— Try it —
Report, from the records below, every line where the word "Failed" appears.

Stored items:
▽
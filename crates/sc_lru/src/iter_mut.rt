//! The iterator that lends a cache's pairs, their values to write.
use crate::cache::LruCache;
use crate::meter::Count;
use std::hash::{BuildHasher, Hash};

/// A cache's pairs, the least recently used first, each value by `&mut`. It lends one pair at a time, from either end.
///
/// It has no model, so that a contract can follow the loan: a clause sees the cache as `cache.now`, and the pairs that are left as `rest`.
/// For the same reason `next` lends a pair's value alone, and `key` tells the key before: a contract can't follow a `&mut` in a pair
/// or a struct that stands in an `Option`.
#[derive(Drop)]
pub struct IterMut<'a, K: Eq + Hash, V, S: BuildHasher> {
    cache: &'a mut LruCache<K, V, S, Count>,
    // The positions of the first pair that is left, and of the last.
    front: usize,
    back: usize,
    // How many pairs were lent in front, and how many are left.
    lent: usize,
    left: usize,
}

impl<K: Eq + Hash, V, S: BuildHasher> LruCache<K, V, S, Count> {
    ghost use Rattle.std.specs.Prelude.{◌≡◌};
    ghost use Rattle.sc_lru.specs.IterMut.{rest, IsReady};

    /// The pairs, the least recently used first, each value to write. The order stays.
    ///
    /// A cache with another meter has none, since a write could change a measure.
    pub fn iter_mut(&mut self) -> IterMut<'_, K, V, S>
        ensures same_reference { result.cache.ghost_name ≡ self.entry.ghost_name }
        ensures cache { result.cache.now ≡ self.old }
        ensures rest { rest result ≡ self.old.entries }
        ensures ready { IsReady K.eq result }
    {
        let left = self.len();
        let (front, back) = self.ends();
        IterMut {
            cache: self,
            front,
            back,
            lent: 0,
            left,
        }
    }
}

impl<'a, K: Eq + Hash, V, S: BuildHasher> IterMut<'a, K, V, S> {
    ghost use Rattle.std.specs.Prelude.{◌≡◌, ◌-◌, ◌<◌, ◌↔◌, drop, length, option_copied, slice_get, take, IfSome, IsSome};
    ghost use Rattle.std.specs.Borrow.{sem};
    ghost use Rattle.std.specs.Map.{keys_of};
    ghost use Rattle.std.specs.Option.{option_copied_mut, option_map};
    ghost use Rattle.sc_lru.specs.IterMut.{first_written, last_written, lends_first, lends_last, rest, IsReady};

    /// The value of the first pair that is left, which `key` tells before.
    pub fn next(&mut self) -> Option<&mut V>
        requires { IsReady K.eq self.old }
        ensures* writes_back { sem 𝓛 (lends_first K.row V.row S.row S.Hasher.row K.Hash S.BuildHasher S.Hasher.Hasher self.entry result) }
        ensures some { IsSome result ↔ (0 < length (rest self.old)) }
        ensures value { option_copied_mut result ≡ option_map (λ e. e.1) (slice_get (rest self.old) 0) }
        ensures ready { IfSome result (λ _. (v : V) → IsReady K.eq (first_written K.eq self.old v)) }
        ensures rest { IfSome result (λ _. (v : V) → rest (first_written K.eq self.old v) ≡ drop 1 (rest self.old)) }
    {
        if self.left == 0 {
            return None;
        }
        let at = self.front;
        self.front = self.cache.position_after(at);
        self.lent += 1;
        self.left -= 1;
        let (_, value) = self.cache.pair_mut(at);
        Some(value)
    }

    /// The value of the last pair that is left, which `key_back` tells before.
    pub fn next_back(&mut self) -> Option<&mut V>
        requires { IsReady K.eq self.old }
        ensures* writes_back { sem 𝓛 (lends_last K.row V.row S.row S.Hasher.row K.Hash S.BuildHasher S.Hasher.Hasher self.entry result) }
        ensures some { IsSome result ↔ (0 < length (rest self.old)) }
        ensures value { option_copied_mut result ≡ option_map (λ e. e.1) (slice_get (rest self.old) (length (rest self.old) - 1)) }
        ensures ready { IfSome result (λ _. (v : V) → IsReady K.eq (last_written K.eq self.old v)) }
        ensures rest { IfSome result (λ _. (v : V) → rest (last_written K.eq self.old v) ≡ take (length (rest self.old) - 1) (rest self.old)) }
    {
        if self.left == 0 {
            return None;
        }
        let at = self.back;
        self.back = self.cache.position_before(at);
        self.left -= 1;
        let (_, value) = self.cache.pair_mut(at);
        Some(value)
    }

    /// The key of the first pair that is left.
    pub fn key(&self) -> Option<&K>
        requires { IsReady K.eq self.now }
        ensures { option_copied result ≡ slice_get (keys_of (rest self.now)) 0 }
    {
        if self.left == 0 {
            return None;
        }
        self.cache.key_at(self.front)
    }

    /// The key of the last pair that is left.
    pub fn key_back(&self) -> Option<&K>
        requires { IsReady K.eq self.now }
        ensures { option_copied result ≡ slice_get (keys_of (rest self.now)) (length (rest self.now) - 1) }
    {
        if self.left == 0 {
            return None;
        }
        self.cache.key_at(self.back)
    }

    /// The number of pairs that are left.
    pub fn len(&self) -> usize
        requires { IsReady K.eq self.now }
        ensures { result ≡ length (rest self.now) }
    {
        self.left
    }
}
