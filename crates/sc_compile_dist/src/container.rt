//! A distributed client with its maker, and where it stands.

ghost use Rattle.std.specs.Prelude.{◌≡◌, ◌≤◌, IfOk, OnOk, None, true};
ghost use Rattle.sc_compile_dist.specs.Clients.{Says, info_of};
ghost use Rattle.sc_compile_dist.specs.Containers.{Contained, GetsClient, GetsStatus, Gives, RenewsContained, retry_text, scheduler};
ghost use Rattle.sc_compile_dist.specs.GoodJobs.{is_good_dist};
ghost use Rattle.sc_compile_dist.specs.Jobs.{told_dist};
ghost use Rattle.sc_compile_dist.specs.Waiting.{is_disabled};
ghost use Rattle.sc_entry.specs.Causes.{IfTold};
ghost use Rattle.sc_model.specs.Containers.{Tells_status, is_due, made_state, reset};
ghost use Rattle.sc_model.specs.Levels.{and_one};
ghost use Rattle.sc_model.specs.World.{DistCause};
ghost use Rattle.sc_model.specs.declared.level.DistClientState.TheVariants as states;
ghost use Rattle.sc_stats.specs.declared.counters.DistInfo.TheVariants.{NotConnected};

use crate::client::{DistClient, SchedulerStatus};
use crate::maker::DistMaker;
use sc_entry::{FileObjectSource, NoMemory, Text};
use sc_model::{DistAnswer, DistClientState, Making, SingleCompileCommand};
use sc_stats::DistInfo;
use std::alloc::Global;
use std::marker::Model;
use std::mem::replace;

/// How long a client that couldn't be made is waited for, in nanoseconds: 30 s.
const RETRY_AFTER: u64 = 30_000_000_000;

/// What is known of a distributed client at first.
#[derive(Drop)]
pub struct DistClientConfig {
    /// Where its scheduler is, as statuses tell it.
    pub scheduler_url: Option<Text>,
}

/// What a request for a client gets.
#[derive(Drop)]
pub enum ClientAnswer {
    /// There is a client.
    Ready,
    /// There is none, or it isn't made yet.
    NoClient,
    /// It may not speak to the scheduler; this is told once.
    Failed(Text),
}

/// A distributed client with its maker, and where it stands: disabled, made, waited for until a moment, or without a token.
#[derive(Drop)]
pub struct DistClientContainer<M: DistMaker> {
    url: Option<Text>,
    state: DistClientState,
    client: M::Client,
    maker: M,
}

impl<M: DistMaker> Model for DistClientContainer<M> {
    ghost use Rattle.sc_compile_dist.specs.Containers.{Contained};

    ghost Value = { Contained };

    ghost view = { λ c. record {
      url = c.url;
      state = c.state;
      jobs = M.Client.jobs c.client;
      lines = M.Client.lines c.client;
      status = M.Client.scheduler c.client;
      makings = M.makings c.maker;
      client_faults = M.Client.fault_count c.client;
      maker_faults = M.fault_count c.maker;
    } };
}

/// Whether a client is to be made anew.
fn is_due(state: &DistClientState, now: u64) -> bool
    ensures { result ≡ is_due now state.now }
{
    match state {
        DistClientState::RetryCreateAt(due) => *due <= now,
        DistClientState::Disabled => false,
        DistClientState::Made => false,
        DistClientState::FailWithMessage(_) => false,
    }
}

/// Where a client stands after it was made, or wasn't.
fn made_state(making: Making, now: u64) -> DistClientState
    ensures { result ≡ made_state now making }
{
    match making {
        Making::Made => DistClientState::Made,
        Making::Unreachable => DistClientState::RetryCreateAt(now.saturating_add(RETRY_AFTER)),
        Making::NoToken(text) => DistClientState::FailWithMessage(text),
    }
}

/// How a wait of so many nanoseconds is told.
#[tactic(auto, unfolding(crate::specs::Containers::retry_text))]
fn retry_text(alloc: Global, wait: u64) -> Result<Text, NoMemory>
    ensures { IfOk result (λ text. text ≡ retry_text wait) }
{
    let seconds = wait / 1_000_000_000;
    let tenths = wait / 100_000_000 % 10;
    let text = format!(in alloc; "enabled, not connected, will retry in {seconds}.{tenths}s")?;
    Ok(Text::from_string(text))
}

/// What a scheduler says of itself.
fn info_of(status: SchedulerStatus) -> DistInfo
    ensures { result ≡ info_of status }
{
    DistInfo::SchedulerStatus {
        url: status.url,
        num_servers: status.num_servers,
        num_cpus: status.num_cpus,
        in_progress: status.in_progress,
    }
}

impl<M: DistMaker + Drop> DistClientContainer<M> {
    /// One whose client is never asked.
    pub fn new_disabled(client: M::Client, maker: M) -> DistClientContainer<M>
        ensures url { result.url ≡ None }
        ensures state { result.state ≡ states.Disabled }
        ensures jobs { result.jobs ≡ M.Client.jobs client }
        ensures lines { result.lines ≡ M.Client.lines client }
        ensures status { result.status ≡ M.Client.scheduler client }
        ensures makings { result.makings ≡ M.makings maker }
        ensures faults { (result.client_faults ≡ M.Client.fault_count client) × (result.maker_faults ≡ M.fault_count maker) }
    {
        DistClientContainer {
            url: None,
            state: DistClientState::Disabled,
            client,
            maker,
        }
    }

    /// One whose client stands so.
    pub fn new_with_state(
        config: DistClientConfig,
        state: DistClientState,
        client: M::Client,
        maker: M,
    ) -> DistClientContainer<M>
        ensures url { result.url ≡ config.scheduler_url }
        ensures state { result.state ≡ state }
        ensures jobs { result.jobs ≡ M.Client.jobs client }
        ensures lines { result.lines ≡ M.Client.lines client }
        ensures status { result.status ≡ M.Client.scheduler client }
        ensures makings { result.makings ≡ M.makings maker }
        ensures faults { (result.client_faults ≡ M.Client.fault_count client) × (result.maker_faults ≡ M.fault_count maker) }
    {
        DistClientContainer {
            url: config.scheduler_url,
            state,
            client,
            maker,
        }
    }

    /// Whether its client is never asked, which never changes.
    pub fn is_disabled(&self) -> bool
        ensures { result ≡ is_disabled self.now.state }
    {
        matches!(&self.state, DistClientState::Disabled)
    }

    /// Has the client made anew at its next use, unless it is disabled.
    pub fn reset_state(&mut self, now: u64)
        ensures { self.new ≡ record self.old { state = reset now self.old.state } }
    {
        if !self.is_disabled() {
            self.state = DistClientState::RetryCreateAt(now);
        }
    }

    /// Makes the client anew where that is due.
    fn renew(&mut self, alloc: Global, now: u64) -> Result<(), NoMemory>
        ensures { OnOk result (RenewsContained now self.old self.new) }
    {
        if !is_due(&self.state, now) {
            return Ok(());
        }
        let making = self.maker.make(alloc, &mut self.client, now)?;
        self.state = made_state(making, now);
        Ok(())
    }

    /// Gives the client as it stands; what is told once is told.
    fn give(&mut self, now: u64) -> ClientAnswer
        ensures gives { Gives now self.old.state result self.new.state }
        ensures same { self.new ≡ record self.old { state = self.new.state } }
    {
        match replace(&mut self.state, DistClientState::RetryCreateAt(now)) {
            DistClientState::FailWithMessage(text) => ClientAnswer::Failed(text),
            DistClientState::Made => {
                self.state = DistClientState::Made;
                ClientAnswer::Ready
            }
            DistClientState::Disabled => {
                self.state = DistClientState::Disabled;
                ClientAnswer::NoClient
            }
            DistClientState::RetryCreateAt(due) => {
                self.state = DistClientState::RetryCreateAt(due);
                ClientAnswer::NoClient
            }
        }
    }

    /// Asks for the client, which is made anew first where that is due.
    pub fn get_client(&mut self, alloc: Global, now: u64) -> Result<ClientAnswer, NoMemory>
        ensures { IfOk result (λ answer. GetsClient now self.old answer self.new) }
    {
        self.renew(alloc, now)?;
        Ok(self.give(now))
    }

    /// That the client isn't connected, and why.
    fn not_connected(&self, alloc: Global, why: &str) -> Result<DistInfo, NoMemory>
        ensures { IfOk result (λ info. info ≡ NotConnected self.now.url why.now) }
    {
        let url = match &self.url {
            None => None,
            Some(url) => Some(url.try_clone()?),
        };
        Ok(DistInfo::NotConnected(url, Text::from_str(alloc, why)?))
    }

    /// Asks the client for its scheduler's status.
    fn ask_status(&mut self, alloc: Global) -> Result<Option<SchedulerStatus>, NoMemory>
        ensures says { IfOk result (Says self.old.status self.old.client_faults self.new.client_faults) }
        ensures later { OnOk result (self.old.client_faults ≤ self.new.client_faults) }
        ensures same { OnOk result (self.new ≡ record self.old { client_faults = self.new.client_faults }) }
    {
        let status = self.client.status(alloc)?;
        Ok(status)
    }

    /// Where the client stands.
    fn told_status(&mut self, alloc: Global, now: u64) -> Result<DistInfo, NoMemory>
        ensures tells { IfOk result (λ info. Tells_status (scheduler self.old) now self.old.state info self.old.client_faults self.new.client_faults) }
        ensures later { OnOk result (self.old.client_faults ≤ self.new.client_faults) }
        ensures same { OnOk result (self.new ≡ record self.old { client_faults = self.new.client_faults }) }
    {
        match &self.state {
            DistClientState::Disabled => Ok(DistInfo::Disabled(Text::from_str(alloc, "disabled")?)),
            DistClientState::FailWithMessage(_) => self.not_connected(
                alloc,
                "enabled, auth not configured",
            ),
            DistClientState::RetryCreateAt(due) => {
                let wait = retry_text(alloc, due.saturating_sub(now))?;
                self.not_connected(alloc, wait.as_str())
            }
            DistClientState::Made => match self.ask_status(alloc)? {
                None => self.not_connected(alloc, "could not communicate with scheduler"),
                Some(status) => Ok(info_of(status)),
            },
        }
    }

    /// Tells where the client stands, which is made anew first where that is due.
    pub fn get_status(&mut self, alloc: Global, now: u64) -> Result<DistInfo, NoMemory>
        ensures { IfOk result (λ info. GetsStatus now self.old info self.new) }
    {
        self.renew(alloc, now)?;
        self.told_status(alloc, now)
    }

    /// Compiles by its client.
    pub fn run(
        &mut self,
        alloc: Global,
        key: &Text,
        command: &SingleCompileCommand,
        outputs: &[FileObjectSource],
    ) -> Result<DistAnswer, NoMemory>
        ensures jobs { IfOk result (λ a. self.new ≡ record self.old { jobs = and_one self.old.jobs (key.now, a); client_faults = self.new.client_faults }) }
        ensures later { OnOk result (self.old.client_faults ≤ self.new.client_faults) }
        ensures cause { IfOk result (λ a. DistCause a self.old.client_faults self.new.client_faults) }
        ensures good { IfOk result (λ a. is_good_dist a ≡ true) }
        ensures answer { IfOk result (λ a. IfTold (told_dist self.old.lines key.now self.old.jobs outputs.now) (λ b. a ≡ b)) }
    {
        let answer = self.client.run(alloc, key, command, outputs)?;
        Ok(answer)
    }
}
△
— Response area —
    Failed(Text),
            DistClientState::FailWithMessage(text) => ClientAnswer::Failed(text),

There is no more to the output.